Wisnieski B J, Bramhall J S
Nature. 1981 Jan 22;289(5795):319-21. doi: 10.1038/289319a0.
There has been much speculation about the mechanism by which cholera toxin exerts its effect on the cytoplasmic side of the membranes with which it interacts. After the pentamer of B subunits (5B) binds to membrane receptors, particularly the monosialylganglioside GM1, the disulphide-linked dimer A1SSA2 (which together with 5B constitutes the complete toxin) is thought to penetrate the membrane, perhaps through a channel formed by 5B and become reduced so that A1SH units reach the cytoplasm and stimulate adenylate cyclase. Evidence for this mechanism is circumstantial. If it is correct, a compound which will specifically label intramembranous sections of the toxin should label the channel-forming B subunits but not the channel-contained A1 subunit. We have tested this prediction with a photoreactive glycolipid compound and have obtained the opposite result. Therefore, we propose that only the A1 subunit enters the membrane and we provide here data on the kinetics of that process.

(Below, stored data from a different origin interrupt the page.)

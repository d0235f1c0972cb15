use super::*;
use std::test::*;

#[test]
fn hexadecimal_numbers_print_in_full(rt: HostRuntime) -> Result<(), Fail> {
    for (number, wanted) in [
        (0, "00000000"),
        (0x1dfc, "00001dfc"),
        (0x8000_0000, "80000000"),
        (0xfedc_ba98, "fedcba98"),
    ] {
        assert_eq!(rt; Hex8(number).to_string(rt.alloc())?.as_str(), wanted);
    }
    for (number, wanted) in [(0, "0000"), (10, "000a"), (0xffff, "ffff")] {
        assert_eq!(rt; Hex4(number).to_string(rt.alloc())?.as_str(), wanted);
    }
    Ok(())
}

#[test]
fn words_are_read_as_numbers(rt: HostRuntime) {
    for (word, wanted) in [
        (b"0".as_slice(), Some(0)),
        (b"10", Some(10)),
        (b"4294967295", Some(4_294_967_295)),
        (b"4294967296", None),
        (b"99999999999999999999999", None),
    ] {
        let number = read_decimal(word);
        assert!(rt; number.is_some(), "{word:?}");
        assert_eq!(rt;
            number.and_then(|n| n.at_most(u32::MAX)),
            wanted,
            "{word:?}"
        );
    }
    for word in [b"".as_slice(), b"00", b"01", b"-1", b"+1", b"1a", b" 1"] {
        assert!(rt; read_decimal(word).is_none(), "{word:?}");
    }
    for (word, wanted) in [
        (b"00001dfc".as_slice(), Some(0x1dfc)),
        (b"ffffffff", Some(0xffff_ffff)),
        (b"00001DFC", None),
        (b"0001dfc", None),
        (b"000001dfc", None),
        (b"0000gdfc", None),
    ] {
        assert_eq!(rt; read_hex8(word), wanted, "{word:?}");
    }
    assert_eq!(rt; read_hex4(b"0aff"), Some(0x0aff));
    assert_eq!(rt; read_hex4(b"0aff0"), None);
}

#[test]
fn lines_and_fields_come_in_order(rt: HostRuntime) -> Result<(), Fail> {
    let mut lines = Lines::of(b"5 poke 00001e00 cafe\n\nx  y");
    let mut fields = Fields::of(lines.next_line().ok_or("a line")?);
    let cycle = fields.decimal().ok_or("a number")?;
    assert_eq!(rt; cycle.at_most(5), Some(5));
    assert_eq!(rt; fields.word().ok_or("a word")?, b"poke".as_slice());
    assert_eq!(rt; fields.rest().ok_or("a rest")?, b"00001e00 cafe".as_slice());
    assert_eq!(rt; fields.hex8(), Some(0x1e00));
    assert!(rt; !fields.is_end());
    assert_eq!(rt; fields.hex4(), Some(0xcafe));
    assert!(rt; fields.is_end() && fields.word().is_none());

    assert_eq!(rt; lines.number(), 2);
    assert_eq!(rt; lines.next_whole().ok_or("an empty line")?, b"".as_slice());
    assert!(rt; lines.next_whole().is_none() && !lines.is_end());
    let mut fields = Fields::of(lines.next_line().ok_or("the last line")?);
    for wanted in [b"x".as_slice(), b"", b"y"] {
        assert_eq!(rt; fields.word().ok_or("a field")?, wanted);
    }
    assert!(rt; lines.is_end() && lines.next_line().is_none());
    assert_eq!(rt; lines.number(), 4);
    Ok(())
}

#[test]
fn words_are_cut_at_a_point(rt: HostRuntime) {
    assert!(rt; split_once(b"P0.3", b'.') == Some((b"P0".as_slice(), b"3".as_slice())));
    assert!(rt; split_once(b"P03", b'.').is_none());
}
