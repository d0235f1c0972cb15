//! The header and the program headers.

ghost use Rattle.std.specs.Prelude.{◌≡◌, ◌++◌, OnOk};
ghost use Rattle.elfwrite.specs.Written as written;

use crate::bytes::{put_halves, put_words};
use pruelf::{IDENTIFICATION, Plan};
use prunum::Memory;

fn put_header(out: &mut Vec<u8>, p: &Plan) -> Result<(), Memory>
    ensures { OnOk result (out.new.items ≡ out.old.items ++ written.header_bytes p.now) }
{
    out.extend_from_slice(&IDENTIFICATION)?;
    put_halves(out, &[2, 144])?;
    put_words(out, &[1, 0, 52, u64::from(p.sections_at), 0])?;
    put_halves(out, &[52, 32, 2, 40, 9, 8])
}

fn put_segments(out: &mut Vec<u8>, p: &Plan) -> Result<(), Memory>
    ensures { OnOk result (out.new.items ≡ out.old.items ++ written.segments_bytes p.now) }
{
    let code = u64::from(p.code);
    let data_at = u64::from(p.data_at);
    let init = u64::from(p.init);
    let memory = u64::from(p.memory);
    put_words(out, &[1, 116, 0, 0, code, code, 5, 4])?;
    put_words(out, &[1, 116 + code, data_at, data_at, init, memory, 6, 4])
}

#[tactic(auto, unfolding(crate::specs::Written::front_bytes))]
pub fn put_front(out: &mut Vec<u8>, p: &Plan) -> Result<(), Memory>
    ensures { OnOk result (out.new.items ≡ out.old.items ++ written.front_bytes p.now) }
{
    put_header(out, p)?;
    put_segments(out, p)
}
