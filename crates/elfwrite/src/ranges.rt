//! What the types of parts say of their numbers and names.

ghost use Rattle.std.specs.Prelude.{◌<◌, ◌^◌, All, IsTrue};
ghost use Rattle.std.specs.List.{AllByRecursion};
ghost use Rattle.isa.specs.Image.{IsImage};
ghost use Rattle.restable.specs.Tables.{IsTrace};
ghost use Rattle.elfwrite.specs.Ranged.{IsRanged};
ghost use Rattle.elfwrite.specs.Written.{IsSymbol, is_defined};

use isa::{Image, Note};
use pruelf::Sym;
use restable::Trace;

/// Words are numbers of four bytes.
fn words_are_ranged(words: &[u32])
    ensures { AllByRecursion (λ w. w < 2 ^ 32) words.now }
{}

/// So are the values of notes.
fn notes_are_ranged(notes: &[Note])
    ensures { AllByRecursion (λ n. n.value < 2 ^ 32) notes.now }
{
    for note in notes {
        value_is_ranged(note.value);
    }
}

fn value_is_ranged(value: u32)
    ensures { value < 2 ^ 32 }
{}

/// The numbers of an image are of their types, and it is an image.
pub fn image_is_ranged(image: &Image)
    ensures ranged { IsRanged image.now }
    ensures image { IsImage image.now }
{
    words_are_ranged(image.words());
    notes_are_ranged(image.notes());
}

fn symbol_is_kept(symbol: &Sym)
    requires { IsTrue (is_defined symbol.now.part) }
    ensures { IsSymbol symbol.now }
{
    value_is_ranged(symbol.value);
    value_is_ranged(symbol.size);
    symbol.name.as_slice();
}

/// What the types of symbols keep, of symbols that are defined.
pub fn symbols_are_kept(symbols: &[Sym])
    requires { All (λ s. IsTrue (is_defined s.part)) symbols.now }
    ensures { AllByRecursion IsSymbol symbols.now }
{
    for symbol in symbols {
        symbol_is_kept(symbol);
    }
}

fn trace_is_kept(trace: &Trace)
    ensures { IsTrace trace.now }
{
    value_is_ranged(trace.addr);
    value_is_ranged(trace.len);
    trace.name.as_slice();
}

/// What the types of traces keep.
pub fn traces_are_kept(traces: &[Trace])
    ensures { AllByRecursion IsTrace traces.now }
{
    for trace in traces {
        trace_is_kept(trace);
    }
}
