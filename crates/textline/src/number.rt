ghost use Rattle.std.specs.Prelude.{◌≡◌, ℕ, ◌<◌, ◌≤◌, ◌-◌, ◌^◌, min, Some, None, IfSome, if◌then◌else◌};
ghost use Rattle.std.specs.Option.{SomeIff};
ghost use Rattle.std.specs.List.{list_all};
ghost use Rattle.std.specs.Str.Parse.{digits_value};
ghost use Rattle.std.specs.Char.{digit_value, is_ascii_digit};
ghost use Rattle.std.specs.Fmt.{decimal};
ghost use Rattle.textline.specs.Numbers.{hex4, hex8, decimal_in, hex_in, is_hex_digit};

use std::marker::Model;

/// A number as its decimal digits tell it: of any size, so that its reader names the range.
#[derive(Clone, Copy, Debug)]
pub struct Decimal {
    value: u64,
}

/// Seen as the number, or as 2^64 - 1 where it is larger.
impl Model for Decimal {
    ghost Value = { ℕ };

    ghost view = { λ d. d.value };

    ghost inverse = { λ n. record { value = n } };
}

impl Decimal {
    /// The number, where it is at most this.
    pub fn at_most(self, most: u32) -> Option<u32>
        ensures { SomeIff result (self ≤ most) self }
    {
        if self.value <= u64::from(most) {
            Some(self.value as u32)
        } else {
            None
        }
    }
}

/// Reads a word of decimal digits, with no sign and no zero before another digit.
#[tactic(auto, using(crate::proofs::DecimalLaws::decimal_reads, crate::proofs::DecimalLaws::decimal_only))]
pub fn read_decimal(word: &[u8]) -> Option<Decimal>
    ensures exact { result ≡ decimal_in word.now }
    ensures printed { (n : ℕ) → n < 2 ^ 64 → word.now ≡ decimal n → result ≡ Some n }
    ensures nothing_else { IfSome result (λ n. n < 2 ^ 64 - 1 → word.now ≡ decimal n) }
{
    Some(Decimal {
        value: decimal_value(word)?,
    })
}

fn decimal_value(word: &[u8]) -> Option<u64>
    ensures { result ≡ decimal_in word.now }
{
    match word {
        [] => None,
        [b'0', _, ..] => None,
        digits => value_of_digits(digits),
    }
}

fn value_of_digits(digits: &[u8]) -> Option<u64>
    ensures { result ≡ (if list_all is_ascii_digit digits.now then Some (min (digits_value 10 digits.now) (2 ^ 64 - 1)) else None) }
{
    let mut value = 0u64;
    for digit in digits {
        if !digit.is_ascii_digit() {
            return None;
        }
        value = value
            .saturating_mul(10)
            .saturating_add(u64::from(*digit - b'0'));
    }
    Some(value)
}

/// Reads a word of eight hexadecimal digits in lower case.
#[tactic(auto, using(crate::proofs::HexLaws::hex_reads, crate::proofs::HexLaws::hex_only))]
pub fn read_hex8(word: &[u8]) -> Option<u32>
    ensures exact { result ≡ hex_in 8 word.now }
    ensures printed { (n : ℕ) → n < 2 ^ 32 → word.now ≡ hex8 n → result ≡ Some n }
    ensures nothing_else { IfSome result (λ n. word.now ≡ hex8 n) }
{
    hex_value(word, 8)
}

/// Reads a word of four hexadecimal digits in lower case.
#[tactic(auto, using(crate::proofs::HexLaws::hex_reads, crate::proofs::HexLaws::hex_only))]
pub fn read_hex4(word: &[u8]) -> Option<u16>
    ensures exact { result ≡ hex_in 4 word.now }
    ensures printed { (n : ℕ) → n < 2 ^ 16 → word.now ≡ hex4 n → result ≡ Some n }
    ensures nothing_else { IfSome result (λ n. word.now ≡ hex4 n) }
{
    let value = hex_value(word, 4)?;
    Some(value as u16)
}

fn hex_value(word: &[u8], count: usize) -> Option<u32>
    requires { count ≤ 8 }
    ensures value { result ≡ hex_in count word.now }
    ensures small { IfSome result (λ n. n < 16 ^ count) }
{
    if word.len() != count {
        return None;
    }
    let mut value = 0u32;
    for byte in word {
        value = value * 16 + hex_digit(*byte)?;
    }
    Some(value)
}

fn hex_digit(byte: u8) -> Option<u32>
    ensures { result ≡ (if is_hex_digit byte then Some (digit_value byte) else None) }
{
    match byte {
        b'0'..=b'9' => Some(u32::from(byte - b'0')),
        b'a'..=b'f' => Some(u32::from(byte - b'a') + 10),
        _ => None,
    }
}
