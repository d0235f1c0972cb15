//! The pieces of every text of this project: lines, the fields of a line, and numbers, printed and read again.
#![tactic(auto)]

mod cut;
mod fields;
mod hex;
mod laws;
mod lines;
mod number;

pub use cut::split_once;
pub use fields::Fields;
pub use hex::{Hex4, Hex8};
pub use laws::{fields_are_read_again, lines_are_read_again};
pub use lines::Lines;
pub use number::{Decimal, read_decimal, read_hex4, read_hex8};

#[cfg(test)]
mod tests;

关于霍乱毒素对其相互作用的细胞膜胞质侧发挥作用的机制,一直存在诸多推测。在B亚基五聚体(5B)与膜受体结合后,特别是与单唾液酸神经节苷脂GM1结合后,二硫键连接的二聚体A1SSA2(它与5B一起构成完整毒素)被认为会穿透细胞膜,可能是通过5B形成的通道,并被还原,从而使A1SH单元到达细胞质并刺激腺苷酸环化酶。支持这一机制的证据是间接的。如果这一机制正确,那么一种能特异性标记毒素膜内部分的化合物应该标记形成通道的B亚基,而不是包含在通道内的A1亚基。我们用一种光反应性糖脂化合物对这一预测进行了测试,却得到了相反的结果。因此,我们提出只有A1亚基进入细胞膜,并在此提供该过程动力学的数据。